PROVIDED DATA:
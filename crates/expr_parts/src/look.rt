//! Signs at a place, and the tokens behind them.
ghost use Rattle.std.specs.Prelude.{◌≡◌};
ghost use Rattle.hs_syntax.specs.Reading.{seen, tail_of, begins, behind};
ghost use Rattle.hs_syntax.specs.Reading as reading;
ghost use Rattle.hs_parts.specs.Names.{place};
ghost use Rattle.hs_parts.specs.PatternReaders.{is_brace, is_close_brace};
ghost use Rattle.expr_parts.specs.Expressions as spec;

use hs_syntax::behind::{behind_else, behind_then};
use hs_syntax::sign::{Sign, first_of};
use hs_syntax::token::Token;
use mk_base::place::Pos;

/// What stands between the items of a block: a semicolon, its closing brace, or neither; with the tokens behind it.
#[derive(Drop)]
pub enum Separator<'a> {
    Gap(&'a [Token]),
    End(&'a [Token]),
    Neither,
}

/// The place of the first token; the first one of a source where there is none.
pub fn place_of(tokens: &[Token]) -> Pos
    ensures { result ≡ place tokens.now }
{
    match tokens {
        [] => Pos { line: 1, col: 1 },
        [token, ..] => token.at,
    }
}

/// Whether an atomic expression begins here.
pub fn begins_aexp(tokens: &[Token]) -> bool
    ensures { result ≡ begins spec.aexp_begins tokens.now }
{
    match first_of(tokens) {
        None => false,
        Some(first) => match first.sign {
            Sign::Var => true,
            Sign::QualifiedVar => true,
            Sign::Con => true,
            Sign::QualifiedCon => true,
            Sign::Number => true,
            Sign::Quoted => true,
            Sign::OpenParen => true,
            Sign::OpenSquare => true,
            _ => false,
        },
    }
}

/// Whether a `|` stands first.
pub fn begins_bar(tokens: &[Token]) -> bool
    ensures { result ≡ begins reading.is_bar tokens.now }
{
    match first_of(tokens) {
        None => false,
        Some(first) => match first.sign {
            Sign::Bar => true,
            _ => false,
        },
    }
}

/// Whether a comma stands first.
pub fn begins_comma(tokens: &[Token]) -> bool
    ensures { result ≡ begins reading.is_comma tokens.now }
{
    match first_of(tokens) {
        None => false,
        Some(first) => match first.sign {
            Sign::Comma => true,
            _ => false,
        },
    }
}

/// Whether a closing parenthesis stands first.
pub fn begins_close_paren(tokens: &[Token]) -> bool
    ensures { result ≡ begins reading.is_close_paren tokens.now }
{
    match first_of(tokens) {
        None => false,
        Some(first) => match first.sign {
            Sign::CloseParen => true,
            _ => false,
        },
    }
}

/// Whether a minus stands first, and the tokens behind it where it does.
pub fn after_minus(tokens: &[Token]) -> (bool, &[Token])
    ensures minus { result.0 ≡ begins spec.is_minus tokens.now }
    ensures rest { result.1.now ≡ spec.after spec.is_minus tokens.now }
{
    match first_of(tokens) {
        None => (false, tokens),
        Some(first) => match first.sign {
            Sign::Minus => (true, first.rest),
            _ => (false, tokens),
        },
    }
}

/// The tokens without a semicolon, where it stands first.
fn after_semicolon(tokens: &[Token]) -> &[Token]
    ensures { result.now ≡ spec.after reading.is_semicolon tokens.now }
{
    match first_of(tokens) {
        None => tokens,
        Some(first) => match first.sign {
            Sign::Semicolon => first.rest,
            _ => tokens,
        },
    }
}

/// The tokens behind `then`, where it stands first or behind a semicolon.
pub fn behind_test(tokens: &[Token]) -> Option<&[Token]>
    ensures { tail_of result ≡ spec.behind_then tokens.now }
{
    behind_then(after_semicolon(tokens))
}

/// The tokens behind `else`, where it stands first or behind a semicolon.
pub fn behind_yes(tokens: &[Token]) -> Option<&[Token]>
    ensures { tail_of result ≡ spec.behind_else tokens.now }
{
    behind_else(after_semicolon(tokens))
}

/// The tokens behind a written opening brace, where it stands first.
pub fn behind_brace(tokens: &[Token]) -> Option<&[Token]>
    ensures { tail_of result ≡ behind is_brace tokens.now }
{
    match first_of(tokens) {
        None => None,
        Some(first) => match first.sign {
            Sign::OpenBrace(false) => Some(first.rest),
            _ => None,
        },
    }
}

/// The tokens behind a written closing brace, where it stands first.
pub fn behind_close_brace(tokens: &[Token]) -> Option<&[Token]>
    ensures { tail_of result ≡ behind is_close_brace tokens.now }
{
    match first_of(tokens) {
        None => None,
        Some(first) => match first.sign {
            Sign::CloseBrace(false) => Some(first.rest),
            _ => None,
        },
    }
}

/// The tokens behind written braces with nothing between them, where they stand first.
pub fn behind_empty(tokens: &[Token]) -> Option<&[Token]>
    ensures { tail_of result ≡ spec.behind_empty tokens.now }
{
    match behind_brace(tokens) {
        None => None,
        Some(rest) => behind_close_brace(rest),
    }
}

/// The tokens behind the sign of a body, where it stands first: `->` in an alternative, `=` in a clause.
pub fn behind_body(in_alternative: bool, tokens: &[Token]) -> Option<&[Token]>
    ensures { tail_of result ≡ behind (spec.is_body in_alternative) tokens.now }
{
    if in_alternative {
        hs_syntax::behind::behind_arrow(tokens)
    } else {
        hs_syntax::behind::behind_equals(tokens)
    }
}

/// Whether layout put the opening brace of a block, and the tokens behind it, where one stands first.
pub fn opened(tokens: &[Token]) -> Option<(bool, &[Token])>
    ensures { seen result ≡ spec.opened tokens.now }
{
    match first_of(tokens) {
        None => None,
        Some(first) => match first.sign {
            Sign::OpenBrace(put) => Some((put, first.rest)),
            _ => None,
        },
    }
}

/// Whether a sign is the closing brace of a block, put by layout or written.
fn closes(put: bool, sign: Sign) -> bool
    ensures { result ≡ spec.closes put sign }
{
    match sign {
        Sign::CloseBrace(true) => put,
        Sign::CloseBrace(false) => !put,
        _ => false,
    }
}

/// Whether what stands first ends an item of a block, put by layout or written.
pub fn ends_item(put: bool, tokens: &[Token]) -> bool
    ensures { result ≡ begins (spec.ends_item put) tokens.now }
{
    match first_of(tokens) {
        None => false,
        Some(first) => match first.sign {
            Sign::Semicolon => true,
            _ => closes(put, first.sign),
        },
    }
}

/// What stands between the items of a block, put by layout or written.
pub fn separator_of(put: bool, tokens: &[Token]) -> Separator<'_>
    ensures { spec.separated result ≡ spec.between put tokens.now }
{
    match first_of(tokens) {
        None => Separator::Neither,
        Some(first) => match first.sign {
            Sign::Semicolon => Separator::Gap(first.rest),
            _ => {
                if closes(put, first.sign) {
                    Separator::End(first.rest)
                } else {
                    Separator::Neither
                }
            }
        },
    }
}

DESCRIPTION OF THE TASK: All lines carrying the word "closing" must be copied from the data above.

FINISHED TASK:
/// What stands between the items of a block: a semicolon, its closing brace, or neither; with the tokens behind it.
/// Whether a closing parenthesis stands first.
/// The tokens behind a written closing brace, where it stands first.
/// Whether a sign is the closing brace of a block, put by layout or written.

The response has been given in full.